Fresh leaves of ZS11 and BnaA01.cd mutant plants were sampled from the bolting stage and used to measure chlorophyll content according to the method described by Wu et al. [33]. The same leaf was used for the 5 precursor content determinations. The precursor δ-aminolevulinic acid (ALA) content was extracted and measured following Dei [34]. The determination of bilirubin (PBG) was performed according to [35]. The Proto IX, Mg-Proto IX, and Pchlide precursors were extracted and measured according to the methods described by Rebeiz et al. [36].
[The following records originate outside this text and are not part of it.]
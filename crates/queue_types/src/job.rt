//! A job, its states and their reasons.
//!
//! ```text
//!   new --> 4 pending-held <--> 3 pending --> 5 processing <--> 6 processing-stopped
//!                |                  |               |                   |
//!   7 canceled <-+------------------+---------------+-------------------+
//!   8 aborted <-------------------------------------+-------------------+
//!   9 completed <-----------------------------------+
//! ```
//!
//! (RFC 8011, section 5.3.7.) A running or stopped job ends by the device alone: a cancel only marks it
//! as stopping. Only a running job completes, and only a running or stopped one is aborted.
ghost use Rattle.std.specs.Prelude.{◌≡◌, IfOk, Some, None, if◌then◌else◌};
ghost use Rattle.queue_types.specs.Job.{estimate, is_live, job_state, owed, reasons};

use crate::list::ListOf;
use crate::states::JobState;
use crate::text::Text;
use std::alloc::{AllocError, Global};

/// Who canceled a job.
#[derive(Clone, Copy, Debug, PartialEq, Eq)]
pub enum Why {
    /// Its owner.
    ByUser,
    /// The device, unasked.
    AtDevice,
    /// An operator, of another's job.
    ByOperator,
}

/// Where a job is on its way. A waiting job is in state 4 while it is held or still takes documents,
/// and else in state 3.
#[derive(Clone, Copy, Debug, PartialEq, Eq)]
pub enum Phase {
    Waiting,
    Running,
    Stopped,
    Canceled(Why),
    Aborted,
    Completed,
}

/// One keyword of job-state-reasons (RFC 8011, section 5.3.8).
#[derive(Clone, Copy, Debug, PartialEq, Eq)]
pub enum Reason {
    /// The keyword `none`.
    NoReason,
    JobIncoming,
    JobHoldUntilSpecified,
    JobPrinting,
    PrinterStopped,
    ProcessingToStopPoint,
    JobCanceledByUser,
    JobCanceledAtDevice,
    JobCanceledByOperator,
    AbortedBySystem,
    JobCompletedSuccessfully,
}

/// The reasons of a job's state, in order.
#[derive(Clone, Copy, Debug, PartialEq, Eq)]
pub struct Reasons {
    pub first: Reason,
    pub second: Option<Reason>,
}

/// A job without its documents (RFC 8011, section 5.3).
#[derive(Debug, Drop)]
pub struct Job {
    /// 1 to 2,147,483,647.
    pub number: u32,
    /// The requesting user name: 1 to 255 octets without control bytes.
    pub owner: Text,
    /// 1 to 255 octets without a zero byte.
    pub name: Text,
    /// 1 to 999.
    pub copies: u32,
    /// Pages of one copy, 0 to 100,000.
    pub impressions: u32,
    /// The owner has yet to release it.
    pub hold: bool,
    /// More documents may come.
    pub incoming: bool,
    pub phase: Phase,
    /// Who asked to cancel the job while the device has it: its owner or an operator.
    pub stopping: Option<Why>,
    /// Pages that the device has reported, 0 to 100,000,000.
    pub count: u32,
    /// The moment when it came, in seconds of printer up time, 1 to 2,147,483,647.
    pub created: u32,
    /// The moment when the device began it.
    pub begun: Option<u32>,
    /// The moment when it ended.
    pub ended: Option<u32>,
    /// The number of documents, at most 16.
    pub documents: u32,
    /// The sum of their lengths in bytes, each at most 16,777,216.
    pub octets: u64,
}

/// Jobs.
pub type JobList = ListOf<Job>;

impl ListOf<Job> {
    /// A copy. The one error is want of memory.
    pub fn try_clone(&self, alloc: Global) -> Result<JobList, AllocError>
        ensures { IfOk result (λ l. l ≡ self.now) }
    {
        let mut jobs = Vec::new(alloc);
        for job in self.as_slice() {
            jobs.push(job.try_clone()?)?;
        }
        Ok(ListOf::from_items(jobs))
    }
}

fn only(first: Reason) -> Reasons
    ensures { result ≡ record { first = first; second = None } }
{
    Reasons {
        first,
        second: None,
    }
}

fn with_second(first: Reason, second: Reason, is_there: bool) -> Reasons
    ensures { result ≡ record { first = first; second = (if is_there then Some second else None) } }
{
    Reasons {
        first,
        second: is_there.then_some(second),
    }
}

impl Job {
    /// Its state (RFC 8011, section 5.3.7). It takes no memory.
    pub fn state(&self) -> JobState
        ensures { result ≡ job_state self.now }
    {
        match self.phase {
            Phase::Waiting if self.hold || self.incoming => JobState::PendingHeld,
            Phase::Waiting => JobState::Pending,
            Phase::Running => JobState::Processing,
            Phase::Stopped => JobState::ProcessingStopped,
            Phase::Canceled(_) => JobState::Canceled,
            Phase::Aborted => JobState::Aborted,
            Phase::Completed => JobState::Completed,
        }
    }

    /// The reasons of its state, one or two (RFC 8011, section 5.3.8). It takes no memory.
    pub fn reasons(&self) -> Reasons
        ensures { result ≡ reasons self.now }
    {
        match self.phase {
            Phase::Waiting => {
                if self.incoming {
                    with_second(
                        Reason::JobIncoming,
                        Reason::JobHoldUntilSpecified,
                        self.hold,
                    )
                } else if self.hold {
                    only(Reason::JobHoldUntilSpecified)
                } else {
                    only(Reason::NoReason)
                }
            }
            Phase::Running => {
                with_second(
                    Reason::JobPrinting,
                    Reason::ProcessingToStopPoint,
                    self.stopping.is_some(),
                )
            }
            Phase::Stopped => {
                with_second(
                    Reason::PrinterStopped,
                    Reason::ProcessingToStopPoint,
                    self.stopping.is_some(),
                )
            }
            Phase::Canceled(Why::ByUser) => only(Reason::JobCanceledByUser),
            Phase::Canceled(Why::AtDevice) => only(Reason::JobCanceledAtDevice),
            Phase::Canceled(Why::ByOperator) => only(Reason::JobCanceledByOperator),
            Phase::Aborted => only(Reason::AbortedBySystem),
            Phase::Completed => only(Reason::JobCompletedSuccessfully),
        }
    }

    /// It is in one of the states 3 to 6.
    pub fn is_live(&self) -> bool
        ensures { result ≡ is_live self.now }
    {
        match self.phase {
            Phase::Waiting | Phase::Running | Phase::Stopped => true,
            Phase::Canceled(_) | Phase::Aborted | Phase::Completed => false,
        }
    }

    /// The pages that its owner asked for: those of one copy, times the copies.
    pub fn estimate(&self) -> u64
        ensures { result ≡ estimate self.now }
    {
        u64::from(self.impressions) * u64::from(self.copies)
    }

    /// The pages that are still set aside for it: none while it is held or once it has ended.
    pub fn owed(&self) -> u64
        ensures { result ≡ owed self.now }
    {
        if self.hold || !self.is_live() {
            return 0;
        }
        self.estimate().saturating_sub(u64::from(self.count))
    }

    /// A copy. The one error is want of memory.
    pub fn try_clone(&self) -> Result<Job, AllocError>
        ensures { IfOk result (λ j. j ≡ self.now) }
    {
        let owner = self.owner.try_clone()?;
        let name = self.name.try_clone()?;
        Ok(Job {
            number: self.number,
            owner,
            name,
            copies: self.copies,
            impressions: self.impressions,
            hold: self.hold,
            incoming: self.incoming,
            phase: self.phase,
            stopping: self.stopping,
            count: self.count,
            created: self.created,
            begun: self.begun,
            ended: self.ended,
            documents: self.documents,
            octets: self.octets,
        })
    }
}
Photosynthetic performance test

The leaves from the bolting stage were used for net photosynthetic efficiency, stomatal conductance, transpiration rate and intercellular CO2 concentration tests using an LI-6400 (LI-6400, Li-Cor, Lincoln, NE) according to the manual. Measurements were conducted at a saturating light intensity of 1,500 μmol photons m−2 s−1, with an air flow of 500 μmol air s−1 and a fixed flux of 400 μmol CO2 mol−1 air. Each genotype with 10 plants and 3 fully expanded leaves was measured for each plant on a sunny day at noon, and the mean value was used for data analysis.

BSA-Seq and SSR mapping

A cross was made between Z300 (line with normal green leaf) and the BnaA01.cd to create F1 plants which were subsequently selfed to create a F2 population with 322 plants. The yellow and green leaf bulks were prepared from the segregated F2 population, each containing 15 plants with distinctive leaf color. The two parents and two DNA bulks were sent to GENOSEQ (Wuhan, China) for BSA-Seq. Sequence library construction and SNP calling were performed as described by Zhao et al. [37].
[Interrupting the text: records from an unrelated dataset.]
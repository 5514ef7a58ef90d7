//! What an office is told of an account.
use crate::job::JobList;
use crate::text::Text;

/// An account: in pages, what was granted to it, what of that is free, reserved and printed, and its owner's
/// jobs that have pages reserved or printed, by number. Free pages are below zero by pages printed past
/// what was reserved.
#[derive(Debug, Drop)]
pub struct AccountSheet {
    pub account: Text,
    pub granted: u64,
    pub free: i64,
    pub reserved: u64,
    pub printed: u64,
    pub jobs: JobList,
}
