//! The states of a job and of the printer, with their numbers.
ghost use Rattle.std.specs.Prelude.{◌≡◌, ◌≢◌, MatchOption};
ghost use Rattle.queue_types.specs.States.{job_state_number, printer_state_number};
ghost use Rattle.queue_types.specs.declared.states.JobState.{JobState as StateOfJob};

/// A job's state by the value of job-state (RFC 8011, section 5.3.7).
#[derive(Clone, Copy, Debug, PartialEq, Eq)]
pub enum JobState {
    /// It waits to be printed.
    Pending = 3,
    /// It is held, or still takes documents.
    PendingHeld = 4,
    /// The device prints it.
    Processing = 5,
    /// The device stands still in it.
    ProcessingStopped = 6,
    /// It was ended by its user or at the device.
    Canceled = 7,
    /// The device could not print it.
    Aborted = 8,
    /// It is printed.
    Completed = 9,
}

impl JobState {
    /// The value of job-state, 3 to 9.
    pub fn number(self) -> u8
        ensures { result ≡ job_state_number self }
    {
        self as u8
    }

    /// The state of that value, where there is one.
    pub fn from_number(number: u8) -> Option<JobState>
        ensures { MatchOption result ((s : StateOfJob) → number ≢ job_state_number s) (λ s. number ≡ job_state_number s) }
    {
        match number {
            3 => Some(JobState::Pending),
            4 => Some(JobState::PendingHeld),
            5 => Some(JobState::Processing),
            6 => Some(JobState::ProcessingStopped),
            7 => Some(JobState::Canceled),
            8 => Some(JobState::Aborted),
            9 => Some(JobState::Completed),
            _ => None,
        }
    }
}

/// The printer's state by the value of printer-state (RFC 8011, section 5.4.11).
#[derive(Clone, Copy, Debug, PartialEq, Eq)]
pub enum PrinterState {
    /// The device has no job.
    Idle = 3,
    /// The device prints.
    Processing = 4,
    /// The device stands still in a job, and prints no other.
    Stopped = 5,
}

impl PrinterState {
    /// The value of printer-state, 3 to 5.
    pub fn number(self) -> u8
        ensures { result ≡ printer_state_number self }
    {
        self as u8
    }
}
Based on the BSA-Seq interval, 64 SSR primer pairs were developed to confirm the BSA-Seq mapped region. The SSR loci were searched by the Tandem repeats finder [38] with a maximum of 6-bp motifs and a minimum of 3 repeats, and the polymorphic SSR primers are provided in supplementary file 1. The test was performed by standard PCR with primer pair-specific annealing temperature followed by PAGE gel electrophoresis.
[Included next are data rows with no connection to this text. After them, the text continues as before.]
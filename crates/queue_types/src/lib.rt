//! What a print queue is made of: jobs with their states and documents, a printer's settings, the events that may happen and what they
//! are answered, with their limits. What an event does to a queue is not said here.
#![tactic(auto)]

pub mod document;
pub mod event;
pub mod job;
pub mod limits;
pub mod list;
pub mod names;
pub mod operators;
pub mod settings;
pub mod sheet;
pub mod states;
pub mod status;
pub mod text;
pub mod uri;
RNA extraction and transcriptome analysis

The yellow and green leaves from mutant and wild-type plants at the bolting stage were sampled for RNA extraction and cDNA library construction, with two biological repeats. The leaves were kept in liquid nitrogen for immediate RNA extraction. Total RNA was extracted using TRIzol Reagent and treated with RNase-free DNase I. cDNA library construction and sequencing on the Illumina HiSeq 4000 platform were performed by Biomarker Technologies (Beijing, China). After the removal of low-quality reads, the clean reads were aligned to the B. napus reference genome. Fragments per kilobase million (FPKM) values were calculated to estimate gene expression levels. FDR < 0.001 and fold change ≥ 4 were used to assess the significance of differences in gene expression. qRT–PCR primers were designed using Primer Premier 5 and synthesized by Sangon Biotech (Shanghai) Co. qRT–PCR was performed using a Bio–Rad CFX96 Real-time System with SYBR® Green PCR Supermix (CA, USA) in triplicate. BnActin7 was used as a control. Each reaction included 10 µl SYBR ® Green PCR Supermix, 0.4 µL primer F, 0.4 µL primer R, 7.2 µL ddH2O, and 2 µL cDNA template.